Giambattista Valli Fall 2024 Ready-to-Wear Catwalk, Fashion Show and Collection Review


Giambattista Valli doesn't want to talk about Truman Capote, even though backstage at his fall 2024 show, his mood board had a couple of photos of the subject of Ryan Murphy's hit series “Feud: Capote vs. The Swans.”

“This isn't about that, it's about my friend Lee,” Radziwill, the designer, was quick to say when asked about it, recalling how “he was together 24 hours” with her, going to parties, to her house, to Marrakesh. and beyond with the late style icon and sister of Jacqueline Kennedy Onassis, who died in 2019.

“I miss that kind of quality,” he said, adding that she had a knack for coming up with a sentence that summed up an entire situation.

That quality, or really Radziwill's taste, was at the heart of her strong fall 2024 collection, inspired by her dual personality: elegant, tailored and timeless versus eclectic, boho and colorful, two style fields that also have a little of his own fight on the catwalks this season.

The two were in harmony in the collection, which opened with a gorgeous floor-length black coat, beautifully tailored with three shiny buttons, worn over a white turtleneck, white pants and black flats. It seemed simple, and that's not always something you think about with Valli.

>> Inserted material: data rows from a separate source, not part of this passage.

//! What the lines of files such as `.gitignore` say, as git reads them.
ghost use Rattle.std.specs.Prelude.{◌≡◌, ◌≤◌, ◌<◌, ◌==◌, IfOk, IfSome, length, not, option_map, position, reverse};
ghost use Rattle.std.specs.List.{list_any};
ghost use Rattle.std.specs.Str.{chars};
ghost use Rattle.grep_options.specs.Globs.{means};
ghost use Rattle.grep_options.specs.Ignored.{count_at_end, ends_in_escape, ends_in_quoted_slash, ends_in_slash};
ghost use Rattle.grep_options.specs.Ignored.{is_slash, path_glob, rule_of_glob, rule_of_letters, rule_of_line, said};
ghost use Rattle.grep_options.specs.Ignored.{without_blanks, without_first_slash, without_last_slash};

use crate::glob::{Letter, chars_of, letters_of};
use std::alloc::{AllocError, Global};

/// What a line says of paths.
#[derive(Drop)]
pub struct IgnoreRule {
    /// How many names the path of the folder of the file has.
    pub depth: usize,
    /// Paths are taken in again, and not left out.
    pub included: bool,
    /// Only folders are meant.
    pub folders: bool,
    /// The glob that paths in the folder of the file match.
    pub glob: Vec<Letter>,
}

/// Returns what the line says, without its end, if it says something. The path of the folder of its file has `depth`
/// names.
pub fn rule_of_line(
    alloc: Global,
    depth: usize,
    line: &str,
) -> Result<Option<IgnoreRule>, AllocError>
    ensures { IfOk result (λ rule. option_map said rule ≡ rule_of_line depth (chars line.now)) }
{
    let values = chars_of(alloc, line)?;
    if ends_in_escape(&values) {
        return Ok(None);
    }
    let letters = letters_of(alloc, line)?;
    rule_of_letters(alloc, depth, without_blanks(&letters))
}

/// Returns whether a backslash at the end of the line has no character after it.
fn ends_in_escape(line: &[char]) -> bool
    ensures { result ≡ ends_in_escape line.now }
{
    escapes_at_end(line) % 2 == 1
}

/// Returns how many backslashes are at the end of the line.
fn escapes_at_end(line: &[char]) -> usize
    ensures { result ≡ count_at_end (λ c. c == 92) line.now }
{
    last_unescaping(line).unwrap_or(line.len())
}

/// Returns how many characters are after the last one that is not a backslash.
fn last_unescaping(line: &[char]) -> Option<usize>
    ensures { result ≡ position (λ c. not (c == 92)) (reverse line.now) }
{
    line.iter().rev().position(|value| !(*value == '\\'))
}

/// Returns the characters without blanks at the end, other than one after a backslash.
fn without_blanks(letters: &[Letter]) -> &[Letter]
    ensures { result.now ≡ without_blanks letters.entry.now }
{
    &letters[..letters.len() - blanks_at_end(letters)]
}

/// Returns how many blanks are at the end.
fn blanks_at_end(letters: &[Letter]) -> usize
    ensures count { result ≡ count_at_end (λ l. means l 32) letters.now }
    ensures within { result ≤ length letters.now }
{
    last_other(letters).unwrap_or(letters.len())
}

/// Returns how many characters are after the last one that is not a blank.
fn last_other(letters: &[Letter]) -> Option<usize>
    ensures place { result ≡ position (λ l. not (means l 32)) (reverse letters.now) }
    ensures within { IfSome result (λ at. at < length letters.now) }
{
    letters.iter().rev().position(|letter| !letter.means(' '))
}

/// Returns what a line of these characters says.
fn rule_of_letters(
    alloc: Global,
    depth: usize,
    letters: &[Letter],
) -> Result<Option<IgnoreRule>, AllocError>
    ensures { IfOk result (λ rule. option_map said rule ≡ rule_of_letters depth letters.now) }
{
    match letters {
        [] => Ok(None),
        [first, ..] if first.means('#') => Ok(None),
        [first, others @ ..] if first.means('!') => rule_of_glob(alloc, depth, true, others),
        _ => rule_of_glob(alloc, depth, false, letters),
    }
}

/// Returns what a glob of these characters says.
fn rule_of_glob(
    alloc: Global,
    depth: usize,
    included: bool,
    letters: &[Letter],
) -> Result<Option<IgnoreRule>, AllocError>
    ensures { IfOk result (λ rule. option_map said rule ≡ rule_of_glob depth included letters.now) }
{
    if ends_in_quoted_slash(letters) {
        return Ok(None);
    }
    let folders = ends_in_slash(letters);
    let glob = path_glob(alloc, without_last_slash(letters))?;
    Ok(Some(IgnoreRule {
        depth,
        included,
        folders,
        glob,
    }))
}

/// Returns whether a slash is last.
fn ends_in_slash(letters: &[Letter]) -> bool
    ensures { result ≡ ends_in_slash letters.now }
{
    match letters.last() {
        Some(last) => is_slash(*last),
        None => false,
    }
}

/// Returns whether a slash is last, and after a backslash.
fn ends_in_quoted_slash(letters: &[Letter]) -> bool
    ensures { result ≡ ends_in_quoted_slash letters.now }
{
    match letters.last() {
        Some(last) => is_slash(*last) && last.quoted,
        None => false,
    }
}

/// Returns the characters without a slash after them.
fn without_last_slash(letters: &[Letter]) -> &[Letter]
    ensures { result.now ≡ without_last_slash letters.entry.now }
{
    if ends_in_slash(letters) {
        &letters[..letters.len().saturating_sub(1)]
    } else {
        letters
    }
}

/// Returns the glob of a whole path in the folder of the file.
fn path_glob(alloc: Global, letters: &[Letter]) -> Result<Vec<Letter>, AllocError>
    ensures { IfOk result (λ glob. glob.items ≡ path_glob letters.now) }
{
    if has_slash(letters) {
        let mut glob = Vec::new(alloc);
        glob.extend_from_slice(without_first_slash(letters))?;
        Ok(glob)
    } else {
        let mut glob = letters_of(alloc, "**/")?;
        glob.extend_from_slice(letters)?;
        Ok(glob)
    }
}

/// Returns whether a slash is among these.
fn has_slash(letters: &[Letter]) -> bool
    ensures { result ≡ list_any is_slash letters.now }
{
    letters.iter().any(|letter| is_slash(*letter))
}

/// Returns whether the character separates names: a slash does, also after a backslash.
pub fn is_slash(letter: Letter) -> bool
    ensures { result ≡ is_slash letter }
{
    letter.value == '/'
}

/// Returns the characters without a slash before them.
fn without_first_slash(letters: &[Letter]) -> &[Letter]
    ensures { result.now ≡ without_first_slash letters.entry.now }
{
    match letters {
        [first, others @ ..] if first.means('/') => others,
        _ => letters,
    }
}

Little by little, boho came to the fore, but respecting the classic lines and silhouettes, as in an ivory minidress with Indian-inspired red paisley embroidery or, for mom, a longer-cut tunic with shearling cuffs and hem.

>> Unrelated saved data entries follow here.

//! What `nfa_grep` is asked for, and all of it that needs no regex: its command line (`arguments`, `words`, `flags`,
//! `command`, `given`), what that says (`options`) and why it cannot be obeyed (`error`); the texts of its patterns
//! (`patterns`) and their syntax (`syntax`), globs (`glob`, `matching`) and the files that they leave out (`rules`,
//! `chosen`), the rules of files such as `.gitignore` and what these leave out (`ignoring`, `ignored`, `ignores`), the
//! paths in folders (`walk`), names that are not text (`marked`), and what standard input and output are (`output`).
#![tactic(auto)]

pub mod arguments;
pub mod chosen;
pub mod colours;
pub mod command;
pub mod error;
mod flags;
mod given;
pub mod glob;
mod ignored;
pub mod ignores;
mod ignoring;
pub mod marked;
mod matching;
pub mod options;
pub mod output;
pub mod patterns;
pub mod rules;
pub mod syntax;
pub mod walk;
pub mod words;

Valli played with super short and super long lengths, offering something for everyone, resulting in a gorgeous pale blue paisley jacquard coat mini dress with crystal buttons and a floral maxi dress with a paisley jacquard shearling lined short vest , For example. Similarly, a grizzled tweed pantsuit was paired with a charming jumpsuit version with shearling on the dungaree top.

India, interior design, impeccable bouquets, all the elements of Radziwill's cultivated life were here, in the colorful botanical threads on a sweeping white robe, the neatest black floral embroidery on a khaki trench coat, and more. And the evening wear, which included a pale pink cut-out dress gathered into a crystal belt and shorter, sparklier styles with longer legs, was “Swans” 2024.

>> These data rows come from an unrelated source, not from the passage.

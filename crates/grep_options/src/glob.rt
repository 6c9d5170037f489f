//! Globs, as a shell has them: their parts, and the names that they match.
ghost use Rattle.std.specs.Prelude.{◌≡◌, ◌≤◌, ◌<◌, ◌++◌, IfOk, IfSome, OnOk, false, length, map, option_map, position};
ghost use Rattle.std.specs.Str.{chars};
ghost use Rattle.grep_options.specs.Globs.{has_open_set, is_open_set, letters_after, means, negation, part_at};
ghost use Rattle.grep_options.specs.Globs.{part_of, parts_after};
ghost use Rattle.grep_options.specs.Globs.{set_after, set_letters, set_or_bracket};

use std::alloc::{AllocError, Global};

/// A character of a glob.
#[derive(Clone, Copy)]
pub struct Letter {
    pub value: char,
    /// A backslash was before it, so it has no other meaning.
    pub quoted: bool,
}

/// A part of a glob.
#[derive(Clone, Copy)]
pub enum Token<'g> {
    /// This character.
    Is(char),
    /// Any character.
    Any,
    /// Any text.
    Star,
    /// One of the characters of a set, or none of them.
    Set(bool, &'g [Letter]),
}

impl Letter {
    /// Returns whether the character is this one and has its meaning.
    pub fn means(self, value: char) -> bool
        ensures { result ≡ means self value }
    {
        !self.quoted && self.value == value
    }
}

/// Returns the characters of a glob.
pub fn letters_of(alloc: Global, glob: &str) -> Result<Vec<Letter>, AllocError>
    ensures { IfOk result (λ letters. letters.items ≡ letters_after false (chars glob.now)) }
{
    let values = chars_of(alloc, glob)?;
    let mut letters = Vec::new(alloc);
    push_letters(false, &values, &mut letters)?;
    Ok(letters)
}

/// Appends the characters of a glob. `quoted` says that a backslash was before the first of these.
fn push_letters(quoted: bool, values: &[char], letters: &mut Vec<Letter>) -> Result<(), AllocError>
    ensures { OnOk result (letters.new.items ≡ letters.old.items ++ letters_after quoted values.now) }
{
    match values {
        [] if quoted => letters.push(Letter {
            value: '\\',
            quoted,
        })?,
        [] => {}
        [first, others @ ..] if !quoted && *first == '\\' => {
            push_letters(true, others, letters)?;
        }
        [first, others @ ..] => {
            let value = *first;
            letters.push(Letter { value, quoted })?;
            push_letters(false, others, letters)?;
        }
    }
    Ok(())
}

/// Returns the characters of a text.
pub fn chars_of(alloc: Global, text: &str) -> Result<Vec<char>, AllocError>
    ensures { IfOk result (λ values. values.items ≡ chars text.now) }
{
    text.chars().collect(alloc)
}

/// Returns the parts of a glob of these characters.
pub fn tokens_of<'g>(alloc: Global, letters: &'g [Letter]) -> Result<Vec<Token<'g>>, AllocError>
    ensures { IfOk result (λ tokens. map part_of tokens.items ≡ parts_after 0 letters.entry.now) }
{
    let mut tokens = Vec::new(alloc);
    push_tokens(0, letters, &mut tokens)?;
    Ok(tokens)
}

/// Appends the parts of a glob of these characters without the first ones.
fn push_tokens<'g>(
    skipped: usize,
    letters: &'g [Letter],
    tokens: &mut Vec<Token<'g>>,
) -> Result<(), AllocError>
    ensures { OnOk result (map part_of tokens.new.items
        ≡ map part_of tokens.old.items ++ parts_after skipped letters.entry.now) }
{
    match letters {
        [] => Ok(()),
        [_, others @ ..] if skipped > 0 => push_tokens(skipped - 1, others, tokens),
        [first, others @ ..] => {
            let (token, more) = token_at(*first, others);
            tokens.push(token)?;
            push_tokens(more, others, tokens)
        }
    }
}

/// Returns whether one of these characters without the first ones is a bracket that no other one ends.
pub fn has_open_set(skipped: usize, letters: &[Letter]) -> bool
    ensures { result ≡ has_open_set skipped letters.now }
{
    match letters {
        [] => false,
        [_, others @ ..] if skipped > 0 => has_open_set(skipped - 1, others),
        [first, others @ ..] => {
            let (_, more) = token_at(*first, others);
            is_open_set(*first, others) || has_open_set(more, others)
        }
    }
}

/// Returns whether this character is a bracket, and none of the next ones ends its set.
fn is_open_set(letter: Letter, letters: &[Letter]) -> bool
    ensures { result ≡ is_open_set letter letters.now }
{
    letter.means('[') && set_letters(&letters[negation(letters)..]).is_none()
}

/// Returns the part that begins with this character, and how many of the next ones belong to it.
fn token_at<'g>(letter: Letter, letters: &'g [Letter]) -> (Token<'g>, usize)
    ensures part { part_of result.0 ≡ (part_at letter letters.entry.now).0 }
    ensures more { result.1 ≡ (part_at letter letters.entry.now).1 }
{
    if letter.means('*') {
        (Token::Star, 0)
    } else if letter.means('?') {
        (Token::Any, 0)
    } else if letter.means('[') {
        set_or_bracket(letters)
    } else {
        let value = letter.value;
        (Token::Is(value), 0)
    }
}

/// Returns the set that begins after a bracket, or the bracket if it is not a set, and how many of the next characters
/// belong to it.
fn set_or_bracket<'g>(letters: &'g [Letter]) -> (Token<'g>, usize)
    ensures part { part_of result.0 ≡ (set_or_bracket letters.entry.now (set_after letters.entry.now)).0 }
    ensures more { result.1 ≡ (set_or_bracket letters.entry.now (set_after letters.entry.now)).1 }
{
    let negation = negation(letters);
    match set_letters(&letters[negation..]) {
        Some(inside) => (
            Token::Set(negation == 1, inside),
            negation + inside.len() + 1,
        ),
        None => (Token::Is('['), 0),
    }
}

/// Returns how many of these characters, which come after a bracket, negate the set.
fn negation(letters: &[Letter]) -> usize
    ensures number { result ≡ negation letters.now }
    ensures within { result ≤ length letters.now }
{
    match letters.first() {
        Some(first) if first.means('!') || first.means('^') => 1,
        _ => 0,
    }
}

/// Returns the characters of the set, if a bracket ends it. The first one belongs to the set in any case.
fn set_letters<'g>(letters: &'g [Letter]) -> Option<&'g [Letter]>
    ensures set { option_map (λ inside. inside.now) result ≡ set_letters letters.entry.now }
    ensures within { IfSome result (λ inside. length inside.now ≤ length letters.entry.now) }
{
    match letters {
        [] => None,
        [_, others @ ..] => match closing(others) {
            Some(at) => Some(&letters[..at + 1]),
            None => None,
        },
    }
}

/// Returns the place of the bracket that ends a set.
fn closing(letters: &[Letter]) -> Option<usize>
    ensures place { result ≡ position (λ letter. means letter 93) letters.now }
    ensures within { IfSome result (λ at. at < length letters.now) }
{
    letters.iter().position(|letter| letter.means(']'))
}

That is if not all people in high society have gone crazy, carried away by celebrities.

“Super cultured people,” as Valli prefers to call them, still exist. “You can't pay them to come to light, they choose,” he said. “But it is not a snobbish point of view. You can be selective in your life; “It's a question of one color over another, one flower over another, it's a cultural point of view that I think will become more and more focused in the future.”